+++ RECORDS PROVIDED
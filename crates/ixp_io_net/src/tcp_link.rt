//! A TCP stream as a link.
ghost use Rattle.std.specs.Prelude.{◌≡◌, ◌<◌, ◌≤◌, length, IfOk, IfSome};

use crate::pace::Pace;
use ixp_io::{Failed, Sink, Source, Stream};
use std::io::{self, ErrorKind, Read, Write};
use std::net::{Shutdown, TcpStream};
use std::time::{Duration, Instant};

/// How many seconds a link that writes may wait for the peer in silence.
const WRITE_SECONDS: u64 = 60;

/// How many bytes give a request a second more to come in.
const READ_BYTES: u64 = 1024;

/// How many bytes give a reply a second more to go out.
const WRITE_BYTES: u64 = 10_240;

/// How many seconds one call of the system waits at most.
const TURN_SECONDS: u64 = 5;

/// How many calls of the system a read or a write makes at most. Each waits for `TURN_SECONDS`, unless a
/// signal interrupts it.
const TURNS: u32 = 100_000;

/// How many seconds a link that ends waits for the next bytes of the peer.
const LAST_SECONDS: u64 = 1;

/// How many seconds a link that ends reads on at most.
const LINGER_SECONDS: u64 = 5;

/// How many reads a link that ends makes at most.
const LINGER_READS: u32 = 100_000;

/// A TCP stream. It tells no content. A read or a write that fails, or for which the peer is silent for
/// longer than it may be, is a fault. So is a read once the request that it belongs to takes longer than a
/// minute and a second for each 1,024 bytes of it, and a write once the reply takes longer than a minute
/// and a second for each 10,240 bytes. What was read since the last write is a request, and what was
/// written since the last read is a reply; it takes its time from its first bytes on. A call that a signal
/// interrupts is made again.
///
/// A link that is dropped tells its peer that no more comes, and reads on for some seconds: the system resets
/// a connection that is closed with bytes unread, and its peer might then never see the last reply. After a
/// read that failed nothing is left unread, so the link ends at once.
pub struct TcpLink {
    rt: HostRuntime,
    stream: TcpStream,
    read_seconds: u64,
    request: Pace,
    reply: Pace,
    read_faults: u64,
    write_faults: u64,
}

impl TcpLink {
    /// A link over this stream, where the limits of its calls can be set. A read waits for a silent peer
    /// for so many seconds at most. What is written is sent at once.
    pub fn over(rt: &HostRuntime, stream: TcpStream, read_seconds: u64) -> Option<TcpLink> {
        let turn = Some(Duration::from_secs(TURN_SECONDS));
        stream.set_nodelay(true).ok()?;
        stream.set_read_timeout(turn).ok()?;
        stream.set_write_timeout(turn).ok()?;
        Some(TcpLink {
            rt: *rt,
            stream,
            read_seconds,
            request: Pace::new(READ_BYTES),
            reply: Pace::new(WRITE_BYTES),
            read_faults: 0,
            write_faults: 0,
        })
    }

    // Reads what comes in time.
    fn read_some(&mut self, buf: &mut [u8]) -> Option<usize>
        ensures within { IfSome result (λ n. n ≤ length buf.new) }
        ensures read_faults { self.new.read_faults ≡ self.old.read_faults }
        ensures write_faults { self.new.write_faults ≡ self.old.write_faults }
    {
        let wait = Wait::begin(&self.rt, self.read_seconds)?;
        let count = read_in_turns(&self.rt, &mut self.stream, buf, &self.request, &wait)?;
        self.request.count(wait.begun, count);
        self.reply.restart();
        Some(count)
    }

    // Writes what goes out in time.
    fn write_some(&mut self, bytes: &[u8]) -> Option<usize>
        ensures within { IfSome result (λ n. n ≤ length bytes.now) }
        ensures some { IfSome result (λ n. 0 < n) }
        ensures read_faults { self.new.read_faults ≡ self.old.read_faults }
        ensures write_faults { self.new.write_faults ≡ self.old.write_faults }
    {
        let wait = Wait::begin(&self.rt, WRITE_SECONDS)?;
        let count = write_in_turns(&self.rt, &mut self.stream, bytes, &self.reply, &wait)?;
        self.reply.count(wait.begun, count);
        self.request.restart();
        Some(count)
    }
}

/// A wait for a peer that may be silent for so many seconds.
#[derive(Drop)]
struct Wait {
    begun: Instant,
    seconds: u64,
}

impl Wait {
    fn begin(rt: &HostRuntime, seconds: u64) -> Option<Wait> {
        let begun = Instant::now(rt).ok()?;
        Some(Wait { begun, seconds })
    }

    // The peer has been silent for too long, or the pace is over, or the time can't be told.
    fn is_over(&self, rt: &HostRuntime, pace: &Pace) -> bool {
        match Instant::now(rt) {
            Ok(now) => {
                now.duration_since(self.begun).as_secs() >= self.seconds || pace.is_over(now)
            }
            Err(_) => true,
        }
    }
}

// Reads in turns, until something comes or the time for it is over.
fn read_in_turns(
    rt: &HostRuntime,
    stream: &mut TcpStream,
    buf: &mut [u8],
    pace: &Pace,
    wait: &Wait,
) -> Option<usize>
    ensures { IfSome result (λ n. n ≤ length buf.new) }
{
    for _ in 0..TURNS {
        if wait.is_over(rt, pace) {
            return None;
        }
        match stream.read(buf) {
            Ok(count) => return Some(count),
            Err(error) if passes(&error) => {}
            Err(_) => return None,
        }
    }
    None
}

// Writes in turns, until something goes out or the time for it is over.
fn write_in_turns(
    rt: &HostRuntime,
    stream: &mut TcpStream,
    bytes: &[u8],
    pace: &Pace,
    wait: &Wait,
) -> Option<usize>
    ensures within { IfSome result (λ n. n ≤ length bytes.now) }
    ensures some { IfSome result (λ n. 0 < n) }
{
    for _ in 0..TURNS {
        if wait.is_over(rt, pace) {
            return None;
        }
        match stream.write(bytes) {
            Ok(0) => return None,
            Ok(count) => return Some(count),
            Err(error) if passes(&error) => {}
            Err(_) => return None,
        }
    }
    None
}

// The call waited for its turn, or a signal interrupted it: it can be made again.
fn passes(error: &io::Error) -> bool {
    match error.kind() {
        ErrorKind::WouldBlock | ErrorKind::Interrupted => true,
        _ => false,
    }
}

impl Drop for TcpLink {
    fn drop(self) {
        let TcpLink {
            rt,
            mut stream,
            read_seconds: _,
            request: _,
            reply: _,
            read_faults,
            write_faults: _,
        } = self;
        if read_faults == 0 {
            linger(&rt, &mut stream);
        }
    }
}

// Ends what is written, and reads until the peer ends too, says nothing more, or has had its time.
fn linger(rt: &HostRuntime, stream: &mut TcpStream) {
    let _ = stream.shutdown(Shutdown::Write);
    let limit = Some(Duration::from_secs(LAST_SECONDS));
    let (Ok(()), Ok(start)) = (stream.set_read_timeout(limit), Instant::now(rt)) else {
        return;
    };
    for _ in 0..LINGER_READS {
        if !reads_on(stream) || has_passed(rt, &start) {
            return;
        }
    }
}

// Reads something.
fn reads_on(stream: &mut TcpStream) -> bool {
    let mut chunk = [0; 16384];
    match stream.read(&mut chunk) {
        Ok(count) => count > 0,
        Err(_) => false,
    }
}

// The time to read on has passed, or can't be told.
fn has_passed(rt: &HostRuntime, start: &Instant) -> bool {
    match start.elapsed(rt) {
        Ok(time) => time.as_secs() >= LINGER_SECONDS,
        Err(_) => true,
    }
}

impl Stream for TcpLink {
    ghost read_faults = { λ link. link.read_faults };

    ghost write_faults = { λ link. link.write_faults };
}

impl Source for TcpLink {
    fn read(&mut self, buf: &mut [u8]) -> Result<usize, Failed> {
        match self.read_some(buf) {
            Some(count) => Ok(count),
            None => {
                self.read_faults = self.read_faults.saturating_add(1);
                Err(Failed)
            }
        }
    }
}

impl Sink for TcpLink {
    fn write(&mut self, bytes: &[u8]) -> Result<usize, Failed> {
        if bytes.is_empty() {
            return Ok(0);
        }
        match self.write_some(bytes) {
            Some(count) => Ok(count),
            None => {
                self.write_faults = self.write_faults.saturating_add(1);
                Err(Failed)
            }
        }
    }
}
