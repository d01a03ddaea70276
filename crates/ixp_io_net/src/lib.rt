//! The network and the clock of the system: TCP links of the machine itself, and its seconds.
//!
//! The adapters keep the contracts of `ixp_io`'s traits: a call fails only where its object's count of faults
//! rose. They tell no content and no number of links: what the system gives can't be said in a contract.
#![tactic(auto)]

mod pace;
mod system_clock;
mod tcp_door;
mod tcp_link;

pub use system_clock::SystemClock;
pub use tcp_door::TcpDoor;
pub use tcp_link::TcpLink;
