/// Writes a number and the line's end.
#[tactic(auto, using(crate::proofs::Telling::telling))]
fn write_number_line<E: Sink>(errors: &mut E, number: u64) -> Result<(), Failed>
    ensures ok { OnOk result
        (Takes (E.written errors.old) (E.written errors.new) (decimal number ++ 10 ∷ [])) }
    ensures err { OnErr result
        (TakesPart (E.written errors.old) (E.written errors.new) (decimal number ++ 10 ∷ [])) }
    ensures counts { E.write_faults errors.old ≤ E.write_faults errors.new }
    ensures cause { OnErr result (Rose (E.write_faults errors.old) (E.write_faults errors.new)) }
{
    write_number(errors, number)?;
    write_all(errors, b"\n")?;
    Ok(())
}

/// Writes a text, a number and the line's end.
#[tactic(auto, using(crate::proofs::Telling::telling))]
pub fn write_counted<E: Sink>(errors: &mut E, before: &[u8], number: u64) -> Result<(), Failed>
    ensures ok { OnOk result
        (Takes (E.written errors.old) (E.written errors.new) (before.now ++ (decimal number ++ 10 ∷ []))) }
    ensures err { OnErr result
        (TakesPart (E.written errors.old) (E.written errors.new)
        (before.now ++ (decimal number ++ 10 ∷ []))) }
    ensures counts { E.write_faults errors.old ≤ E.write_faults errors.new }
    ensures cause { OnErr result (Rose (E.write_faults errors.old) (E.write_faults errors.new)) }
{
    write_all(errors, before)?;
    write_number_line(errors, number)?;
    Ok(())
}

/// Writes a word, a blank, a number and the line's end.
#[tactic(auto, using(crate::proofs::Telling::telling))]
fn write_word<E: Sink>(errors: &mut E, word: &[u8], number: u64) -> Result<(), Failed>
    ensures ok { OnOk result
        (Takes (E.written errors.old) (E.written errors.new)
        (word.now ++ (32 ∷ (decimal number ++ 10 ∷ [])))) }
    ensures err { OnErr result
        (TakesPart (E.written errors.old) (E.written errors.new)
        (word.now ++ (32 ∷ (decimal number ++ 10 ∷ [])))) }
    ensures counts { E.write_faults errors.old ≤ E.write_faults errors.new }
    ensures cause { OnErr result (Rose (E.write_faults errors.old) (E.write_faults errors.new)) }
{
    write_all(errors, word)?;
    write_counted(errors, b" ", number)?;
    Ok(())
}

/// Writes a text, a word, a blank, a number and the line's end.
#[tactic(auto, using(crate::proofs::Telling::telling))]
fn write_link<E: Sink>(
    errors: &mut E,
    before: &[u8],
    word: &[u8],
    requests: u32,
) -> Result<(), Failed>
    ensures ok { OnOk result
        (Takes (E.written errors.old) (E.written errors.new)
        (before.now ++ (word.now ++ (32 ∷ (decimal requests ++ 10 ∷ []))))) }
    ensures err { OnErr result
        (TakesPart (E.written errors.old) (E.written errors.new)
        (before.now ++ (word.now ++ (32 ∷ (decimal requests ++ 10 ∷ []))))) }
    ensures counts { E.write_faults errors.old ≤ E.write_faults errors.new }
    ensures cause { OnErr result (Rose (E.write_faults errors.old) (E.write_faults errors.new)) }
{
    write_all(errors, before)?;
    write_word(errors, word, u64::from(requests))?;
    Ok(())
}

/// Writes the line that tells why whois data give no listing.
fn write_objects_cause<E: Sink>(errors: &mut E, cause: ExpandCause) -> Result<(), Failed>
    ensures ok { OnOk result (Takes (E.written errors.old) (E.written errors.new) (cause_text_of cause)) }
    ensures err { OnErr result
        (TakesPart (E.written errors.old) (E.written errors.new) (cause_text_of cause)) }
    ensures cause { OnErr result (Rose (E.write_faults errors.old) (E.write_faults errors.new)) }
{
    match cause {
        ExpandCause::Line { n } => write_counted(errors, b"ixpm: bad input J1 ", n as u64),
        ExpandCause::NoSet { set } => write_named(errors, b"ixpm: bad input J2 ", set.as_bytes()),
        ExpandCause::TooMany { have } => {
            write_counted(errors, b"ixpm: bad input J3 ", have as u64)
        }
    }
}

/// Writes the line that tells how a run ended, if there is one to write.
fn write_end<E: Sink>(errors: &mut E, end: End) -> Result<(), Failed>
    ensures ok { OnOk result (Takes (E.written errors.old) (E.written errors.new) (error_text end)) }
    ensures err { OnErr result (TakesPart (E.written errors.old) (E.written errors.new) (error_text end)) }
    ensures cause { OnErr result (Rose (E.write_faults errors.old) (E.write_faults errors.new)) }
{
    match end {
        End::Done => write_all(errors, b""),
        End::Usage => write_all(errors, b"ixpm: usage\n"),
        End::BadInput { cause } => write_refusal(errors, b"ixpm: bad input ", cause),
        End::BadObjects { cause } => write_objects_cause(errors, cause),
        End::ReadFault => write_all(errors, b"ixpm: read fault\n"),
        End::WriteFault => write_all(errors, b"ixpm: write fault\n"),
        End::KeeperFault => write_all(errors, b"ixpm: keeper fault\n"),
        End::NoMemory => write_all(errors, b"ixpm: no memory\n"),
        End::UnknownRouter { router } => {
            write_named(errors, b"ixpm: unknown router ", router.as_bytes())
        }
        End::NotEmpty => write_all(errors, b"ixpm: store not empty\n"),
        End::Damaged { what } => write_named(errors, b"ixpm: damaged ", what.as_slice()),
        End::OldVersion { found } => write_counted(errors, b"ixpm: old store ", found),
        End::DoorFault => write_all(errors, b"ixpm: door fault\n"),
        End::BadLink { code, requests } => {
            write_link(errors, b"ixpm: bad input ", code.word(), requests)
        }
    }
}

/// Writes the line that tells how a run ended, as far as the errors take it. It does not allocate.
pub fn report<E: Sink>(errors: &mut E, end: End)
    ensures { Tells (record { bytes = E.written errors.old; faults = E.write_faults errors.old })
        (record { bytes = E.written errors.new; faults = E.write_faults errors.new }) (error_text end) }
{
    match write_end(errors, end) {
        Ok(()) => {}
        Err(_) => {}
    }
}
++++++
=== GOAL OF THE EXERCISE ===
Copy out each line of the listing that holds the word "waits".

=== COMPLETED EXERCISE ===
/// How many seconds one call of the system waits at most.
/// How many calls of the system a read or a write makes at most. Each waits for `TURN_SECONDS`, unless a
/// How many seconds a link that ends waits for the next bytes of the peer.
    /// A link over this stream, where the limits of its calls can be set. A read waits for a silent peer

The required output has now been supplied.